#### [YOUR OBJECTIVE]
Starting at the first line of the entries below, output every line exactly, up to and including the line with "use crate::state::State;".

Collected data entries
//! Asks: what an authorisation or an increment wants, why it is declined by that, and how it is paid.
ghost use Rattle.std.specs.Prelude.{◌≡◌, ◌+◌, ◌<◌, ◌≤◌, ◌^◌, ◌∷◌, [], OnOk, IsTrue};
ghost use Rattle.iss_model.specs.declared.entry.Entry.TheVariants as entry;
ghost use Rattle.iss_model.specs.Forms.{is_amount, is_stamp, is_timeout};
ghost use Rattle.iss_model.specs.rules.Asks.{ask_usage, ask_given_back, call_ask, rest_given_back, usage_of, breach};
ghost use Rattle.iss_model.specs.rules.CardReasons.{lacks_funds};
ghost use Rattle.iss_model.specs.rules.CardActs.{funding_acts};
ghost use Rattle.iss_model.specs.rules.Facts.{next_notice};
ghost use Rattle.iss_model.specs.rules.Pieces.{ask_method, call_for};
ghost use Rattle.iss_core.specs.States.{facts_of, kept_state};
ghost use Rattle.iss_core.specs.Asks.{ask_of, ask_reason, unpaid_ask_acts, wanted_of};
ghost use Rattle.iss_core.specs.Order.{IsInOrder};
ghost use Rattle.iss_core.specs.Standing.{stand_in_acts};
ghost use Rattle.iss_core.specs.Adding.{AddsActs};

use crate::pieces::{failure_reason, put_decided, put_declined_ask, put_stood};
use crate::state::State;
use iss_chain::pieces;
use iss_commando::SetStand;
use iss_model::{
    Entry, Failure, Funding, Method, Opened, Part, Product, Reason, Token, Txn, UsageRow, Verdict,
};
use std::alloc::AllocError;

/// An event that asks for an amount for a transaction at a stamp.
#[derive(Clone, Copy)]
pub(crate) struct Ask {
    pub event: Token,
    pub txn: Txn,
    /// In minor units.
    pub amount: u64,
    /// Whether it is the transaction's authorisation.
    pub first: bool,
    /// Whether the gateway may fund a part of the amount.
    pub partial: bool,
    /// In milliseconds since 1970.
    pub at: u64,
}

impl Ask {
    /// The ask that a call was opened for.
    pub(crate) fn of_call(opened: &Opened, txn: &Txn) -> Ask
        ensures { ask_of result ≡ call_ask opened.now txn.now }
    {
        Ask {
            event: opened.event,
            txn: *txn,
            amount: opened.amount,
            first: matches!(opened.method, Method::Authorization),
            partial: opened.partial,
            at: opened.at,
        }
    }

    /// The use that it adds: an authorisation counts once, and an increment doesn't count.
    pub(crate) fn usage(&self) -> UsageRow
        requires { self.now.amount < 2 ^ 63 }
        ensures { result ≡ ask_usage (ask_of self.now) }
    {
        let count = if self.first { 1 } else { 0 };
        usage(&self.txn, self.amount as i64, count, self.at)
    }

    /// The use that it returns: its own, negated, at its own stamp.
    pub(crate) fn given_back(&self) -> UsageRow
        requires { self.now.amount < 2 ^ 63 }
        ensures { result ≡ ask_given_back (ask_of self.now) }
    {
        let count = if self.first { -1 } else { 0 };
        usage(&self.txn, -(self.amount as i64), count, self.at)
    }

    fn method(&self) -> Method
        ensures { result ≡ ask_method (ask_of self.now) }
    {
        if self.first {
            Method::Authorization
        } else {
            Method::Incremental
        }
    }

    /// The ask as velocity controls are asked.
    fn wanted(&self) -> iss_velocity::Spending
        ensures { result ≡ wanted_of (ask_of self.now) }
    {
        iss_velocity::Spending {
            txn: self.txn.token,
            origin: self.txn.origin,
            user: self.txn.user,
            product: self.txn.product,
            currency: self.txn.currency,
            mcc: self.txn.mcc,
            mid: self.txn.mid,
            amount: self.amount,
            first: self.first,
        }
    }
}

/// The use that comes back if a call is funded for this amount: that of the rest, at the stamp of its event.
pub(crate) fn rest_given_back(opened: &Opened, txn: &Txn, amount: u64) -> UsageRow
    requires part { amount ≤ opened.now.amount }
    requires small { opened.now.amount < 2 ^ 63 }
    ensures { result ≡ rest_given_back opened.now txn.now amount }
{
    let rest = opened.amount - amount;
    usage(txn, -(rest as i64), 0, opened.at)
}

/// An amount and a count as use of a transaction.
fn usage(txn: &Txn, amount: i64, count: i64, at: u64) -> UsageRow
    ensures { result ≡ usage_of txn.now amount count at }
{
    UsageRow {
        txn: txn.token,
        origin: txn.origin,
        user: txn.user,
        product: txn.product,
        currency: txn.currency,
        mcc: txn.mcc,
        mid: txn.mid,
        amount,
        count,
        at,
    }
}

impl State {
    /// Why an ask is declined by what it asks for: the control that it breaches, or the funds that its user lacks.
    #[inline(always)]
    pub(crate) fn ask_reason(&self, ask: &Ask) -> Option<Reason>
        requires amount { IsTrue (is_amount ask.now.amount) }
        requires stamp { IsTrue (is_stamp ask.now.at) }
        ensures { result ≡ ask_reason (facts_of self.now) (ask_of ask.now) }
    {
        if let Some(control) = self.breach(ask) {
            return Some(Reason::Control(control));
        }
        if self.lacks_funds(ask) {
            return Some(Reason::InsufficientFunds);
        }
        None
    }

    fn breach(&self, ask: &Ask) -> Option<Token>
        requires amount { IsTrue (is_amount ask.now.amount) }
        requires stamp { IsTrue (is_stamp ask.now.at) }
        ensures { result ≡ breach (facts_of self.now) (ask_of ask.now) }
    {
        self.controls.breach(&self.groups, &ask.wanted(), ask.at)
    }

    fn lacks_funds(&self, ask: &Ask) -> bool
        requires { IsTrue (is_amount ask.now.amount) }
        ensures { result ≡ lacks_funds (facts_of self.now) (ask_of ask.now) }
    {
        match ask.txn.funding {
            Funding::Account => self.is_short(&ask.txn.user, ask.txn.currency, ask.amount),
            Funding::Gateway => false,
        }
    }

    /// An ask is paid from the user's own balance, which is held, or the gateway decides.
    #[inline(always)]
    pub(crate) fn put_funding(&self, out: &mut Vec<Entry>, ask: &Ask) -> Result<(), AllocError>
        requires order { IsInOrder (kept_state self.now) }
        requires amount { IsTrue (is_amount ask.now.amount) }
        requires stamp { IsTrue (is_stamp ask.now.at) }
        ensures { OnOk result (AddsActs out.old out.new (funding_acts (facts_of self.now) (ask_of ask.now))) }
    {
        match ask.txn.funding {
            Funding::Account => {
                pieces::hold(out, &ask.txn, Part::S, ask.amount)?;
                put_decided(out, &ask.event, Verdict::Approved)
            }
            Funding::Gateway => self.put_gateway_ask(out, ask),
        }
    }

    /// The gateway is asked, unless the product's switch is on. Then the programme stands in.
    fn put_gateway_ask(&self, out: &mut Vec<Entry>, ask: &Ask) -> Result<(), AllocError>
        requires order { IsInOrder (kept_state self.now) }
        requires amount { IsTrue (is_amount ask.now.amount) }
        requires stamp { IsTrue (is_stamp ask.now.at) }
        ensures { OnOk result (AddsActs out.old out.new (unpaid_ask_acts (facts_of self.now) (ask_of ask.now))) }
    {
        match self.product(&ask.txn.product) {
            None => Ok(()),
            Some(product) if self.products.switched(&product.name) => {
                self.put_stand_in(out, self.next_notice(), ask, Failure::Switch, ask.at)
            }
            Some(product) => {
                out.push(Entry::Opened(self.call_for(&product, ask)))?;
                Ok(())
            }
        }
    }

    /// The call for an ask: the gateway has the product's time to answer.
    fn call_for(&self, product: &Product, ask: &Ask) -> Opened
        requires order { IsInOrder (kept_state self.now) }
        requires time { IsTrue (is_timeout product.now.timeout_ms) }
        requires stamp { IsTrue (is_stamp ask.now.at) }
        ensures { result ≡ call_for (facts_of self.now) product.now (ask_of ask.now) }
    {
        let txn = &ask.txn;
        Opened {
            call: self.next_call(),
            event: ask.event,
            txn: txn.token,
            method: ask.method(),
            card: txn.card,
            user: txn.user,
            currency: txn.currency,
            mcc: txn.mcc,
            mid: txn.mid,
            amount: ask.amount,
            partial: ask.partial,
            at: ask.at,
            deadline: ask.at + product.timeout_ms,
        }
    }

    /// The programme stands in for the gateway at a stamp, or the ask is declined. The first notice has this number.
    pub(crate) fn put_stand_in(
        &self,
        out: &mut Vec<Entry>,
        number: u32,
        ask: &Ask,
        failure: Failure,
        at: u64,
    ) -> Result<(), AllocError>
        requires amount { ask.now.amount < 2 ^ 62 }
        requires stamp { IsTrue (is_stamp at) }
        ensures { OnOk result (AddsActs out.old out.new (stand_in_acts number (facts_of self.now) (ask_of ask.now) failure at)) }
    {
        let txn = &ask.txn;
        match self
            .sets
            .stands(&txn.product, &txn.user, ask.amount, failure, at)
        {
            SetStand::Yes(set) => put_stood(out, number, ask, at, &set),
            SetStand::Limit(set) => put_declined_ask(out, ask, Reason::StandInLimit(set)),
            SetStand::No => put_declined_ask(out, ask, failure_reason(failure)),
        }
    }
}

#### [TASK RESULT]
//! Asks: what an authorisation or an increment wants, why it is declined by that, and how it is paid.
ghost use Rattle.std.specs.Prelude.{◌≡◌, ◌+◌, ◌<◌, ◌≤◌, ◌^◌, ◌∷◌, [], OnOk, IsTrue};
ghost use Rattle.iss_model.specs.declared.entry.Entry.TheVariants as entry;
ghost use Rattle.iss_model.specs.Forms.{is_amount, is_stamp, is_timeout};
ghost use Rattle.iss_model.specs.rules.Asks.{ask_usage, ask_given_back, call_ask, rest_given_back, usage_of, breach};
ghost use Rattle.iss_model.specs.rules.CardReasons.{lacks_funds};
ghost use Rattle.iss_model.specs.rules.CardActs.{funding_acts};
ghost use Rattle.iss_model.specs.rules.Facts.{next_notice};
ghost use Rattle.iss_model.specs.rules.Pieces.{ask_method, call_for};
ghost use Rattle.iss_core.specs.States.{facts_of, kept_state};
ghost use Rattle.iss_core.specs.Asks.{ask_of, ask_reason, unpaid_ask_acts, wanted_of};
ghost use Rattle.iss_core.specs.Order.{IsInOrder};
ghost use Rattle.iss_core.specs.Standing.{stand_in_acts};
ghost use Rattle.iss_core.specs.Adding.{AddsActs};

use crate::pieces::{failure_reason, put_decided, put_declined_ask, put_stood};
use crate::state::State;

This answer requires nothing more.